Goal of the exercise >> Go through the data and copy every line in which "written" appears.

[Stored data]
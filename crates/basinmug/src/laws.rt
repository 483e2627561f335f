//! Encodings, widths and errors worked by hand. The functions do nothing.
ghost use Rattle.std.specs.Prelude.{◌≡◌, ◌∷◌, [], None, Some, codes, false, true};
ghost use Rattle.basinmug.specs.Encodings.{encoding_of, encoding_text};
ghost use Rattle.basinmug.specs.Faults.{is_of_input, of_bytes, of_reading, of_run, program_fault_text};
ghost use Rattle.basinmug.specs.Widths.{columns_in, columns_shown};
ghost use Rattle.basinmug.specs.declared.encoding.Encoding.TheVariants.{Utf16, Utf32, Windows1252};
ghost use Rattle.basinmug.specs.declared.fault.ProgramFault.{ProgramFault as OneFault};
ghost use Rattle.basinmug.specs.declared.fault.ProgramFault.TheVariants.{Memory, NotText, Open, Read, Reading, Run, Write, Writing};
ghost use Rattle.basinmug_input.specs.declared.fault.InputFault.TheVariants.{NotText as NoUtf8, Quote};
ghost use Rattle.basinmug_run.specs.declared.fault.RunFault.TheVariants.{Input, Print};
ghost use Rattle.basinmug_run.specs.declared.options.ColumnsShown.TheVariants.{All as AllColumns, Fitting};
ghost use Rattle.basinmug_run.specs.declared.picture.fault.PrintFault.TheVariants.{NoColumn, Table};
ghost use Rattle.command_line.specs.declared.basinmug.words.WidthAsked.TheVariants.{None as AnyWidth, Columns, Environment};
ghost use Rattle.tabled_output.specs.declared.building.BuildFault.TheVariants.{Write as BufferFailed};
ghost use Rattle.tabled_output.specs.declared.reading.ReadFault.TheVariants.{Memory as NoMemoryToRead, Read as CallFailed, TooLong};
ghost use Rattle.tabled_output.specs.declared.writing.WriteFault.TheVariants.{Write as WriteFailed, WriteZero};

use crate::fault::ProgramFault;
use std::fmt::Display;

/// The encoding of bytes that begin with the mark of UTF-16 or of UTF-32 in either order, with a part of it, with another
/// pair of its bytes, or with none.
pub fn encodings_by_hand()
    ensures little { encoding_of (0xff ∷ 0xfe ∷ codes "a") ≡ Utf16 }
    ensures big { encoding_of (0xfe ∷ 0xff ∷ []) ≡ Utf16 }
    ensures little_of_four { encoding_of (0xff ∷ 0xfe ∷ 0 ∷ 0 ∷ codes "a") ≡ Utf32 }
    ensures big_of_four { encoding_of (0 ∷ 0 ∷ 0xfe ∷ 0xff ∷ []) ≡ Utf32 }
    ensures three_of_four { encoding_of (0xff ∷ 0xfe ∷ 0 ∷ []) ≡ Utf16 }
    ensures one_zero { encoding_of (0xff ∷ 0xfe ∷ 0 ∷ codes "a") ≡ Utf16 }
    ensures two_zeros { encoding_of (0 ∷ 0 ∷ 0xff ∷ 0xfe ∷ []) ≡ Windows1252 }
    ensures half { encoding_of (0xff ∷ []) ≡ Windows1252 }
    ensures twice { encoding_of (0xff ∷ 0xff ∷ []) ≡ Windows1252 }
    ensures no_mark { encoding_of (0xe9 ∷ 0xff ∷ 0xfe ∷ []) ≡ Windows1252 }
    ensures nothing { encoding_of [] ≡ Windows1252 }
    ensures little_and_a_letter { encoding_of (0xff ∷ 0xfe ∷ 0x61 ∷ 0 ∷ []) ≡ Utf16 }
    ensures little_of_another_first { encoding_of (0xfe ∷ 0xfe ∷ 0 ∷ 0 ∷ []) ≡ Windows1252 }
    ensures little_of_another_second { encoding_of (0xff ∷ 0xff ∷ 0 ∷ 0 ∷ []) ≡ Windows1252 }
    ensures big_and_zeros { encoding_of (0xfe ∷ 0xff ∷ 0 ∷ 0 ∷ []) ≡ Utf16 }
    ensures big_of_another_first { encoding_of (1 ∷ 0 ∷ 0xfe ∷ 0xff ∷ []) ≡ Windows1252 }
    ensures big_of_another_second { encoding_of (0 ∷ 1 ∷ 0xfe ∷ 0xff ∷ []) ≡ Windows1252 }
    ensures big_of_another_third { encoding_of (0 ∷ 0 ∷ 0xff ∷ 0xff ∷ []) ≡ Windows1252 }
    ensures big_of_another_fourth { encoding_of (0 ∷ 0 ∷ 0xfe ∷ 0xfe ∷ []) ≡ Windows1252 }
{}

/// What is printed of an encoding: the command has its name.
pub fn encoding_texts_by_hand()
    ensures of_16 { encoding_text Utf16 ≡ codes "UTF-16: iconv -f UTF-16 -t UTF-8" }
    ensures of_32 { encoding_text Utf32 ≡ codes "UTF-32: iconv -f UTF-32 -t UTF-8" }
    ensures of_windows { encoding_text Windows1252 ≡ codes "perhaps WINDOWS-1252: iconv -f WINDOWS-1252 -t UTF-8" }
{}

/// The width that a text of `COLUMNS` requests: digits above 0 alone do.
pub fn widths_by_hand()
    ensures digits { columns_in (codes "80") ≡ Some 80 }
    ensures zeros { columns_in (codes "007") ≡ Some 7 }
    ensures greatest { columns_in (codes "4294967295") ≡ Some 4294967295 }
    ensures zero { columns_in (codes "0") ≡ None }
    ensures nothing { columns_in [] ≡ None }
    ensures letter { columns_in (codes "80x") ≡ None }
    ensures plus { columns_in (codes "+80") ≡ None }
    ensures too_great { columns_in (codes "4294967296") ≡ None }
{}

/// Which columns a table has: all where that is requested, and where the environment says how wide it is and the output is
/// no terminal; else those that fit.
pub fn columns_shown_by_hand()
    ensures all { (width : _) (is_terminal : _) → columns_shown true width is_terminal ≡ AllColumns }
    ensures terminal { columns_shown false Environment true ≡ Fitting }
    ensures pipe { columns_shown false Environment false ≡ AllColumns }
    ensures given { columns_shown false (Columns 80) false ≡ Fitting }
    ensures any_width { columns_shown false AnyWidth false ≡ Fitting }
{}

/// Errors with which the name of the input is printed, and others.
pub fn inputs_by_hand()
    ensures missing { (error : _) → is_of_input (Open error) ≡ true }
    ensures read { (error : _) → is_of_input (Reading error) ≡ true }
    ensures endless { is_of_input (Read TooLong) ≡ true }
    ensures encoding { (fault : _) → (encoding : _) → is_of_input (NotText fault encoding) ≡ true }
    ensures quote { is_of_input (Run (Input (Quote 1))) ≡ true }
    ensures no_column { (name : _) → is_of_input (Run (Print (NoColumn name))) ≡ false }
    ensures written { (error : _) → is_of_input (Writing error) ≡ false }
    ensures took_nothing { is_of_input (Write WriteZero) ≡ false }
    ensures memory { is_of_input Memory ≡ false }
    ensures memory_to_read { is_of_input (Read NoMemoryToRead) ≡ false }
{}

/// Errors of a run, with what the program knows of bytes and of its output.
pub fn faults_by_hand()
    ensures no_text { of_bytes (NoUtf8 2 3) (0xff ∷ 0xfe ∷ []) ≡ NotText (NoUtf8 2 3) Utf16 }
    ensures quote { of_bytes (Quote 2) (0xff ∷ 0xfe ∷ []) ≡ Run (Input (Quote 2)) }
    ensures failed { (error : _) → of_run (Print (Table BufferFailed)) [] 0 (Some error) ≡ Writing error }
    ensures no_reason { of_run (Print (Table BufferFailed)) [] 0 None ≡ Write WriteFailed }
    ensures took_nothing { of_run (Print (Table BufferFailed)) [] 1 None ≡ Write WriteZero }
    ensures endless { (error : _) → of_reading TooLong error ≡ Read TooLong }
    ensures memory { (error : _) → of_reading NoMemoryToRead error ≡ Memory }
{}

/// Errors and what is printed of them. Each is printed as its own text.
pub fn texts_by_hand()
    ensures printed { (fault : OneFault) → ⟦<ProgramFault as Display>⟧.output fault ≡ program_fault_text fault }
    ensures endless { program_fault_text (Read TooLong) ≡ Some (codes "input too long") }
    ensures read { program_fault_text (Read CallFailed) ≡ Some (codes "read failed") }
    ensures took_nothing { program_fault_text (Write WriteZero) ≡ Some (codes "writer took nothing") }
    ensures written { program_fault_text (Write WriteFailed) ≡ Some (codes "write failed") }
    ensures no_text { program_fault_text (NotText (NoUtf8 1 2) Utf16) ≡ Some (codes "line 1, field 2: not UTF-8 (UTF-16: iconv -f UTF-16 -t UTF-8)") }
    ensures quote { program_fault_text (Run (Input (Quote 3))) ≡ Some (codes "line 3: a quote that is not closed") }
    ensures memory { program_fault_text Memory ≡ Some (codes "out of memory") }
{}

Answer section >>
    ensures written { (error : _) → is_of_input (Writing error) ≡ false }
    ensures written { program_fault_text (Write WriteFailed) ≡ Some (codes "write failed") }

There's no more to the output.